Logo

Search in DATA AFFAIRS

Learning unitAnonymization and Pseudonymization

Exercise 3

This exercise relates to Example 4 from the practical examples.

Example 4: Anonymization through Aggregation, Asher & Jahnke (2013)

In the article “Curating the Ethnographic Moment” (Asher & Jahnke, 2013), the authors discuss challenges and practices in research data management concerning ethics, obtaining informed consent, and anonymization/pseudonymization strategies. Researchers were interviewed about their experiences. A sociologist described the following dilemma:

“I wanted to do life histories with priests [in central Pennsylvania], and part of the problem was . . . we got into a situation where people might tell me things about their personal lives that are sort of not confidential in the IRB sense but that might be upsetting to their congregations – like I talked to one priest who had been married three times, where if the congregation had known about that they would have been very upset. There’s nothing illegal about it; this person’s not shy about telling that, but it could have been damaging.” (2-13-111411).

(Asher & Jahnke, 2013)

This excerpt includes a reference to the research location, Central Pennsylvania. A reader comments on this in the article’s online discussion:

“I am finding this article to be extremely useful and interesting. However, I noticed this “I wanted to do life histories with priests [in central Pennsylvania]” and I think you should remove the geographic reference. There can’t be that many priests in central Penn. and marriage certificates are public records. By including this geography in your article, you may yourself be compromising the privacy of the potential respondents”.

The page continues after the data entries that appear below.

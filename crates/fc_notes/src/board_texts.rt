//! Boards' texts, and the lines of their files by which their faults are told: comments and titles, which a tidy text hasn't, are
//! counted, and in a list of boards the lines above.

ghost use Rattle.std.specs.Prelude.{◌≡◌};
ghost use Rattle.fc_notes.specs.FileFault.{IsInFile, IsRowInFile};
ghost use Rattle.fc_notes.specs.FileLine.{IsFileLine, is_in_units};

use crate::typed_numbers::typed_number;
use fc_row_text::RowTextFault;
use fc_text::BoardFault;

/// A board's text, made tidy, and as it was typed, or nothing where that has other lines.
#[derive(Clone, Copy, Debug)]
pub struct BoardText<'a> {
    /// Its tidy text.
    pub tidy: &'a [u8],
    /// The text that was typed.
    pub typed: &'a [u8],
    /// How many lines of its file stand above it.
    pub above: u32,
}

/// The number in its file of the line with this number, from 1, of a tidy text.
pub fn file_line(text: &BoardText<'_>, line: u32) -> u32
    ensures number { IsFileLine text.now.typed.now text.now.above line result }
{
    if text.typed.is_empty() {
        return line;
    }
    if is_in_units(text.typed) {
        return line;
    }
    let number = u32::try_from(typed_number(text.typed, line as usize)).unwrap_or(u32::MAX);
    text.above.saturating_add(number)
}

// Whether a text is in units of two bytes, whose lines aren't told apart here.
fn is_in_units(typed: &[u8]) -> bool
    ensures value { result ≡ is_in_units typed.now }
{
    match typed {
        [0xff, 0xfe, ..] | [0xfe, 0xff, ..] => true,
        _ => false,
    }
}

/// The fault of a tidy text, its line told by its number in its file.
pub fn in_file(text: &BoardText<'_>, fault: BoardFault) -> BoardFault
    ensures fault { IsInFile text.now.typed.now text.now.above fault result }
{
    match fault {
        BoardFault::BadCard(line) => BoardFault::BadCard(file_line(text, line)),
        BoardFault::BadFoundation(line) => BoardFault::BadFoundation(file_line(text, line)),
        BoardFault::TooManyCells(line) => BoardFault::TooManyCells(file_line(text, line)),
        BoardFault::TooManyColumns(line) => BoardFault::TooManyColumns(file_line(text, line)),
        BoardFault::RepeatedLine(line) => BoardFault::RepeatedLine(file_line(text, line)),
        BoardFault::TooLong | BoardFault::RepeatedCard(_) | BoardFault::MissingCard(_) => fault,
    }
}

/// The fault of a text in rows, its line told by its number in its file.
pub fn row_in_file(text: &BoardText<'_>, fault: RowTextFault) -> RowTextFault
    ensures fault { IsRowInFile text.now.typed.now text.now.above fault result }
{
    match fault {
        RowTextFault::TooLong => fault,
        RowTextFault::BadHead(line) => RowTextFault::BadHead(file_line(text, line)),
        RowTextFault::OpenRow(line, entry) => RowTextFault::OpenRow(file_line(text, line), entry),
        RowTextFault::LongRow(line) => RowTextFault::LongRow(file_line(text, line)),
        RowTextFault::ShortRow(line) => RowTextFault::ShortRow(file_line(text, line)),
    }
}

http://www.archivejournal.net/essays/curating-the-ethnographic-moment/

The authors justify the choice as follows:

“Your point is well taken. We chose to replace a specific geographic reference (in this case a town) with the more general and nonspecific “central Pennsylvania” in order to retain contextual information while expanding the population of potential people to a large enough degree to make identification difficult. Since “central Pennsylvania” can be used to refer to almost anywhere between Philadelphia and Pittsburgh, it would take a very committed person to compile a list of priests and cross reference it with marriage records–both very difficult tasks, especially since the person in question could have been married anywhere. However, as an added precaution, we have also omitted information about when the researcher was conducting this work and denomination of the priest the researcher was discussing, which further expands the population that would have to be investigated. We therefore believe the risk of identification is very low, but you are correct in noting that researchers and archivists need to be aware that seemingly innocuous details can result in breeches of confidentiality.“

(Asher & Jahnke, 2013)

How do the authors justify mentioning Central Pennsylvania as the research location? What are the arguments for and against removing the geographical reference (Pennsylvania)?

Asher justifies the decision to mention Central Pennsylvania as the location by stating that he wanted to provide contextual information (and thus a representation and perception) of the approximate locality of the research, while at the same time keeping it rather unspecific to make the exact identification of the priests more difficult. The ethnographer considered the risk of investigative research and the traceability of the mentioned priests to be very low. Although it would have been possible to omit the location entirely, in this case, the state of Pennsylvania potentially marks the cultural and social research framework and background of a study on the biographies of priests in the eastern United States.